# [The problem]
For the entries below, repeat exactly each line starting with the one that contains "r.zero → HasNoPair r" and going on through the one that contains "j) → IsElem r x", and no others.

Records from a data collection:
==================================================

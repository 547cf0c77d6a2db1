//! What holds in every finite commutative ring and field. The contract of each function is the law; its
//! body does nothing.
ghost use Rattle.std.specs.Prelude.{◌≡◌, ◌≢◌, ℕ, ◌-◌, ◌<◌, ◌≤◌, Option};
ghost use Rattle.ring_core.specs.Ring.{RingOps, IsElem, IsRing, IsCommutative, IsNumbered};
ghost use Rattle.ring_core.specs.Field.{IsField};
ghost use Rattle.ring_core.specs.Powers.{power_of};
ghost use Rattle.finite_ring.specs.Finite.{HasNoPair, inverse_by_power, root_product};

use ring_core::Field;

/// A commutative ring of `count` elements in which one is not zero and no two nonzero elements multiply
/// to zero is a field, and the inverse of a nonzero element is its power `count - 2`.
pub fn no_pair_gives_field<E>()
    ensures { (r : RingOps E) (count : ℕ) → IsRing r → IsCommutative r → IsNumbered r count → r.one ≢ r.zero → HasNoPair r
        → IsField r (inverse_by_power r count) }
{}

/// In a field of `count` elements the power `count - 1` of each nonzero element is one.
pub fn power_of_nonzero<E>()
    ensures { (r : RingOps E) (inv : E → Option E) (count : ℕ) (c : E) → IsField r inv → IsNumbered r count → IsElem r c → c ≢ r.zero
        → power_of r c (count - 1) ≡ r.one }
{}

/// In a field, `x^q - x` is the product of the `x - c` over any `q` different elements `c` that the power
/// `q` fixes, for `q` from 2. So no more than `q` elements are fixed.
pub fn product_of_fixed<K: Field>()
    ensures { (k : K) (q : ℕ) (c : ℕ → K.Elem) (x : K.Elem) → let r = K.ops k in
        2 ≤ q → ((j : ℕ) → IsElem r (c j)) → ((i j : ℕ) → i < j → j < q → c i ≢ c j)
        → ((j : ℕ) → j < q → power_of r (c j) q ≡ c j) → IsElem r x
        → r.add (power_of r x q) (r.neg x) ≡ root_product r c q x }
{}
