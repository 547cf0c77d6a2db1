//! Lists of elements of a field as polynomials, lowest coefficient first: what polynomials in a
//! letter that commutes with its coefficients and twisted polynomials share.
ghost use Rattle.std.specs.Prelude.{◌≡◌, [], ◌∷◌, ◌-◌, ◌<◌, ◌≤◌, IfOk, MatchOption, length, max, take, true};
ghost use Rattle.ring_core.specs.Ring.{IsElem};
ghost use Rattle.ring_core.specs.Coeffs.{coeff, trim, are_elems, is_canonical, same_lists, first_values};
ghost use Rattle.ring_core.specs.Twisted.{list_add, list_neg};

use super::field::{E, Field};
use super::memory::NoMemory;
use std::alloc::Global;

/// The coefficient at `i`, lowest first, and zero past the end of the list.
pub fn coeff_at<K: Field>(field: &K, list: &[E<K>], i: usize) -> E<K>
    requires { are_elems (K.ops field.now) list.now ≡ true }
    ensures value { result ≡ coeff (K.ops field.now) list.now i }
    ensures elem { IsElem (K.ops field.now) result }
{
    if i < list.len() {
        list[i]
    } else {
        field.zero()
    }
}

/// How many members the list has without the zeros at its top.
pub fn trimmed_len<K: Field>(field: &K, list: &[E<K>]) -> usize
    requires { are_elems (K.ops field.now) list.now ≡ true }
    ensures value { result ≡ length (trim (K.ops field.now) list.now) }
    ensures kept { take result list.now ≡ trim (K.ops field.now) list.now }
{
    for i in (0..list.len()).rev() {
        let top = coeff_at(field, list, i);
        let zero = field.zero();
        if !field.equal(top, zero) {
            return i + 1;
        }
    }
    0
}

/// The list without the zeros at its top. Takes no memory.
pub fn trimmed<K: Field>(field: &K, list: Vec<E<K>>) -> Vec<E<K>>
    requires { are_elems (K.ops field.now) list.items ≡ true }
    ensures value { result.items ≡ trim (K.ops field.now) list.items }
    ensures elem { is_canonical (K.ops field.now) result.items ≡ true }
{
    let mut kept = list;
    let n = trimmed_len(field, &kept);
    kept.truncate(n);
    kept
}

/// A copy of the list.
pub fn copy_list<C: Copy>(alloc: Global, list: &[C]) -> Result<Vec<C>, NoMemory>
    ensures { IfOk result (λ v. v.items ≡ list.now) }
{
    Ok(Vec::from_slice(alloc, list)?)
}

/// The list with the one member `c`.
pub fn single_list<C: Copy>(alloc: Global, c: C) -> Result<Vec<C>, NoMemory>
    ensures { IfOk result (λ v. v.items ≡ c ∷ []) }
{
    let mut list = Vec::new(alloc);
    list.push(c)?;
    Ok(list)
}

/// The sums of the coefficients at each place of the longer list.
fn sum_values<K: Field>(
    alloc: Global,
    field: &K,
    a: &[E<K>],
    b: &[E<K>],
) -> Result<Vec<E<K>>, NoMemory>
    requires left { are_elems (K.ops field.now) a.now ≡ true }
    requires right { are_elems (K.ops field.now) b.now ≡ true }
    ensures value { IfOk result
        (λ v. let r = K.ops field.now in v.items
        ≡ first_values (max (length a.now) (length b.now)) (λ i. r.add (coeff r a.now i) (coeff r b.now i))) }
    ensures elems { IfOk result (λ v. are_elems (K.ops field.now) v.items ≡ true) }
{
    let mut sums = Vec::new(alloc);
    for i in 0..a.len().max(b.len()) {
        let left = coeff_at(field, a, i);
        let right = coeff_at(field, b, i);
        let sum = field.add(left, right);
        sums.push(sum)?;
    }
    Ok(sums)
}

/// The sum of two polynomials.
pub fn sum_list<K: Field>(
    alloc: Global,
    field: &K,
    a: &[E<K>],
    b: &[E<K>],
) -> Result<Vec<E<K>>, NoMemory>
    requires left { are_elems (K.ops field.now) a.now ≡ true }
    requires right { are_elems (K.ops field.now) b.now ≡ true }
    ensures value { IfOk result (λ v. v.items ≡ list_add (K.ops field.now) a.now b.now) }
    ensures elem { IfOk result (λ v. is_canonical (K.ops field.now) v.items ≡ true) }
{
    Ok(trimmed(field, sum_values(alloc, field, a, b)?))
}

/// The negatives of the coefficients, place by place.
pub fn neg_values<K: Field>(alloc: Global, field: &K, list: &[E<K>]) -> Result<Vec<E<K>>, NoMemory>
    requires { are_elems (K.ops field.now) list.now ≡ true }
    ensures value { IfOk result
        (λ v. let r = K.ops field.now in v.items ≡ first_values (length list.now) (λ i. r.neg (coeff r list.now i))) }
    ensures elems { IfOk result (λ v. are_elems (K.ops field.now) v.items ≡ true) }
{
    let mut negatives = Vec::new(alloc);
    for i in 0..list.len() {
        let coeff = coeff_at(field, list, i);
        let negative = field.neg(coeff);
        negatives.push(negative)?;
    }
    Ok(negatives)
}

/// The negative of a polynomial.
pub fn neg_list<K: Field>(alloc: Global, field: &K, list: &[E<K>]) -> Result<Vec<E<K>>, NoMemory>
    requires { are_elems (K.ops field.now) list.now ≡ true }
    ensures value { IfOk result (λ v. v.items ≡ list_neg (K.ops field.now) list.now) }
    ensures elem { IfOk result (λ v. is_canonical (K.ops field.now) v.items ≡ true) }
{
    Ok(trimmed(field, neg_values(alloc, field, list)?))
}

/// Each member times `c`, from the left.
pub fn scaled_values<K: Field>(
    alloc: Global,
    field: &K,
    c: E<K>,
    list: &[E<K>],
) -> Result<Vec<E<K>>, NoMemory>
    requires factor { IsElem (K.ops field.now) c }
    requires elems { are_elems (K.ops field.now) list.now ≡ true }
    ensures value { IfOk result
        (λ v. let r = K.ops field.now in v.items ≡ first_values (length list.now) (λ i. r.mul c (coeff r list.now i))) }
    ensures elems { IfOk result (λ v. are_elems (K.ops field.now) v.items ≡ true) }
{
    let mut values = Vec::new(alloc);
    for i in 0..list.len() {
        let member = coeff_at(field, list, i);
        let product = field.mul(c, member);
        values.push(product)?;
    }
    Ok(values)
}

/// The inverse of the top coefficient of a polynomial; None exactly for the zero polynomial.
pub fn top_inverse<K: Field>(field: &K, list: &[E<K>]) -> Option<E<K>>
    requires { is_canonical (K.ops field.now) list.now ≡ true }
    ensures { let r = K.ops field.now in
        MatchOption result (list.now ≡ [])
        (λ c. (0 < length list.now) × IsElem r c × (r.mul (coeff r list.now (length list.now - 1)) c ≡ r.one)) }
{
    let Some(last) = list.len().checked_sub(1) else {
        return None;
    };
    let top = coeff_at(field, list, last);
    field.inv(top)
}

/// Whether each member of the list is an element of the field.
pub fn all_elems<K: Field>(field: &K, list: &[E<K>]) -> bool
    ensures { result ≡ are_elems (K.ops field.now) list.now }
{
    for c in list {
        if !field.is_elem(*c) {
            return false;
        }
    }
    true
}

/// Whether the list is a polynomial: elements of the field, with no zero at the top.
pub fn are_canonical<K: Field>(field: &K, list: &[E<K>]) -> bool
    ensures { result ≡ is_canonical (K.ops field.now) list.now }
{
    all_elems(field, list) && trimmed_len(field, list) == list.len()
}

/// Whether the two lists are equal.
pub fn equal_lists<K: Field>(field: &K, a: &[E<K>], b: &[E<K>]) -> bool
    requires left { are_elems (K.ops field.now) a.now ≡ true }
    requires right { are_elems (K.ops field.now) b.now ≡ true }
    ensures { result ≡ same_lists (K.ops field.now) a.now b.now }
{
    if a.len() != b.len() {
        return false;
    }
    for i in 0..a.len() {
        let left = coeff_at(field, a, i);
        let right = coeff_at(field, b, i);
        if !field.equal(left, right) {
            return false;
        }
    }
    true
}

==================================================

# [Written solution]
    ensures { (r : RingOps E) (count : ℕ) → IsRing r → IsCommutative r → IsNumbered r count → r.one ≢ r.zero → HasNoPair r
        → IsField r (inverse_by_power r count) }
{}

/// In a field of `count` elements the power `count - 1` of each nonzero element is one.
pub fn power_of_nonzero<E>()
    ensures { (r : RingOps E) (inv : E → Option E) (count : ℕ) (c : E) → IsField r inv → IsNumbered r count → IsElem r c → c ≢ r.zero
        → power_of r c (count - 1) ≡ r.one }
{}

/// In a field, `x^q - x` is the product of the `x - c` over any `q` different elements `c` that the power
/// `q` fixes, for `q` from 2. So no more than `q` elements are fixed.
pub fn product_of_fixed<K: Field>()
    ensures { (k : K) (q : ℕ) (c : ℕ → K.Elem) (x : K.Elem) → let r = K.ops k in
        2 ≤ q → ((j : ℕ) → IsElem r (c j)) → ((i j : ℕ) → i < j → j < q → c i ≢ c j)
        → ((j : ℕ) → j < q → power_of r (c j) q ≡ c j) → IsElem r x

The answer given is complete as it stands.